▸ YOUR GOAL
Show every line below where "specs" can be found.

DATASET EXCERPTS below:

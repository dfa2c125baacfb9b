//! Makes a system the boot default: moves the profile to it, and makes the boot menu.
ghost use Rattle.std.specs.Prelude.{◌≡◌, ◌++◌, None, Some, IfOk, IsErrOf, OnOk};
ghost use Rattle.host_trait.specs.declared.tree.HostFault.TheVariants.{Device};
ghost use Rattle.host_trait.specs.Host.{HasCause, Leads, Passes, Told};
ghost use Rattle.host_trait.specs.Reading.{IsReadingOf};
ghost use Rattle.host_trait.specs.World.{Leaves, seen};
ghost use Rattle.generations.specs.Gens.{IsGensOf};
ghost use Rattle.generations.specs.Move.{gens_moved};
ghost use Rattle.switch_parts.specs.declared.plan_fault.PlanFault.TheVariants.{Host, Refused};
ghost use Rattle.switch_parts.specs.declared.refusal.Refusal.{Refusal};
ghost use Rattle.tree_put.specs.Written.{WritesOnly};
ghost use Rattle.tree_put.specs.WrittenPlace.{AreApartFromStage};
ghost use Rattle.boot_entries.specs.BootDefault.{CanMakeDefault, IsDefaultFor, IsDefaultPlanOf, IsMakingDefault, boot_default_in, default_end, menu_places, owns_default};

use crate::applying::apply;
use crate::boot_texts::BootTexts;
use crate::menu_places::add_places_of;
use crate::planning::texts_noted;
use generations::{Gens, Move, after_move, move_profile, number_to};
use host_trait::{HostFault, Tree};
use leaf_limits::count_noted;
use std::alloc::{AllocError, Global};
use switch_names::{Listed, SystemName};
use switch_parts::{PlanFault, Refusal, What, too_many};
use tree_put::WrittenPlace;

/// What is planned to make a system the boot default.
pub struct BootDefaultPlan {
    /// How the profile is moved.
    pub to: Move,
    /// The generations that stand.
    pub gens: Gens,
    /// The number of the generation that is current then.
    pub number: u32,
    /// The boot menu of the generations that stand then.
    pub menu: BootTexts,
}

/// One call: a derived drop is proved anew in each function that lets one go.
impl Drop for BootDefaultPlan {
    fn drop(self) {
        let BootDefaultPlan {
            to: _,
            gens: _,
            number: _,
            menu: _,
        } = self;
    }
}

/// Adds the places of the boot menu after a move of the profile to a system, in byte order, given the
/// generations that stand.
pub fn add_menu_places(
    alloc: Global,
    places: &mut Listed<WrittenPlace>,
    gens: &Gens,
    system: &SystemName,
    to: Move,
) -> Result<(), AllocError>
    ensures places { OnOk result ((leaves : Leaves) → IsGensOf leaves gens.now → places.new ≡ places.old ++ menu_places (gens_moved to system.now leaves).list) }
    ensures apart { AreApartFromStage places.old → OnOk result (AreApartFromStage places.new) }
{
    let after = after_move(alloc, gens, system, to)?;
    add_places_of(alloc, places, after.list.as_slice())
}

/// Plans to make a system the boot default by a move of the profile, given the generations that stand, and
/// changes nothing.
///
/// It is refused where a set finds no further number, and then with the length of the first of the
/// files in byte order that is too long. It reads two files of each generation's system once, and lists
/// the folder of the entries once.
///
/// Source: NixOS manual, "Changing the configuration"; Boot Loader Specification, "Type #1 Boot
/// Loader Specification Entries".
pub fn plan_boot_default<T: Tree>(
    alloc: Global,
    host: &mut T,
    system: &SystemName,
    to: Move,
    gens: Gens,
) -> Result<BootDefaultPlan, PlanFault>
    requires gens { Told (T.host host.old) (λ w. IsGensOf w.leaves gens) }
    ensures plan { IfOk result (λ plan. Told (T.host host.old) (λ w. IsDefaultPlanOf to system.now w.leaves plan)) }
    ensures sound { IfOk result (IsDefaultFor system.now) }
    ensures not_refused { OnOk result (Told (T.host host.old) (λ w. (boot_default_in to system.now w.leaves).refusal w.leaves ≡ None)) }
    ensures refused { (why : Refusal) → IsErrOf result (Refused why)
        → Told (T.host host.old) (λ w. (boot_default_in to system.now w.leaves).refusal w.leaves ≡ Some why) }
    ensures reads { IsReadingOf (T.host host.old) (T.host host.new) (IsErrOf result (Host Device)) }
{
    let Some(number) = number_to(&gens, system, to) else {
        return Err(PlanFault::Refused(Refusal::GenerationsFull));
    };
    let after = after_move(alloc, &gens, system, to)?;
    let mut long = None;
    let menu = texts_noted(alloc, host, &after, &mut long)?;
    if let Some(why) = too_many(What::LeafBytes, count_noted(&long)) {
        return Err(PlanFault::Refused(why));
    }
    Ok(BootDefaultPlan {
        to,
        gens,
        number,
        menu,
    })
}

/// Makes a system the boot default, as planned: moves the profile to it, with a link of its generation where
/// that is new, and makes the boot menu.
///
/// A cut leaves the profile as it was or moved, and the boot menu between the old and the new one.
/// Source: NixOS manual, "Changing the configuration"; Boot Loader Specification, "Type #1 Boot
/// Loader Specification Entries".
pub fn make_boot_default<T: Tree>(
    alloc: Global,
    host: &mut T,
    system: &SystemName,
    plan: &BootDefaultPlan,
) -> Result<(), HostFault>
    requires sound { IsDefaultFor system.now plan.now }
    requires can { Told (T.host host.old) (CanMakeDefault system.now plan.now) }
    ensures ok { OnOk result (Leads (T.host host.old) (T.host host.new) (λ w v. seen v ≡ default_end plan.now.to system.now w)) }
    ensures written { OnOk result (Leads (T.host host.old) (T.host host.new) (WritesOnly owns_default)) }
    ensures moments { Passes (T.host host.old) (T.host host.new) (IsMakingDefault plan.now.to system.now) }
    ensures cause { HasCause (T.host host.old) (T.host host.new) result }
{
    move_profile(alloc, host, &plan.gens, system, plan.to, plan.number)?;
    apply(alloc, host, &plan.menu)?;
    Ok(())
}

End of DATASET EXCERPTS.

▸ RESULT
ghost use Rattle.std.specs.Prelude.{◌≡◌, ◌++◌, None, Some, IfOk, IsErrOf, OnOk};
ghost use Rattle.host_trait.specs.declared.tree.HostFault.TheVariants.{Device};
ghost use Rattle.host_trait.specs.Host.{HasCause, Leads, Passes, Told};
ghost use Rattle.host_trait.specs.Reading.{IsReadingOf};
ghost use Rattle.host_trait.specs.World.{Leaves, seen};
ghost use Rattle.generations.specs.Gens.{IsGensOf};
ghost use Rattle.generations.specs.Move.{gens_moved};
ghost use Rattle.switch_parts.specs.declared.plan_fault.PlanFault.TheVariants.{Host, Refused};
ghost use Rattle.switch_parts.specs.declared.refusal.Refusal.{Refusal};
ghost use Rattle.tree_put.specs.Written.{WritesOnly};
ghost use Rattle.tree_put.specs.WrittenPlace.{AreApartFromStage};
ghost use Rattle.boot_entries.specs.BootDefault.{CanMakeDefault, IsDefaultFor, IsDefaultPlanOf, IsMakingDefault, boot_default_in, default_end, menu_places, owns_default};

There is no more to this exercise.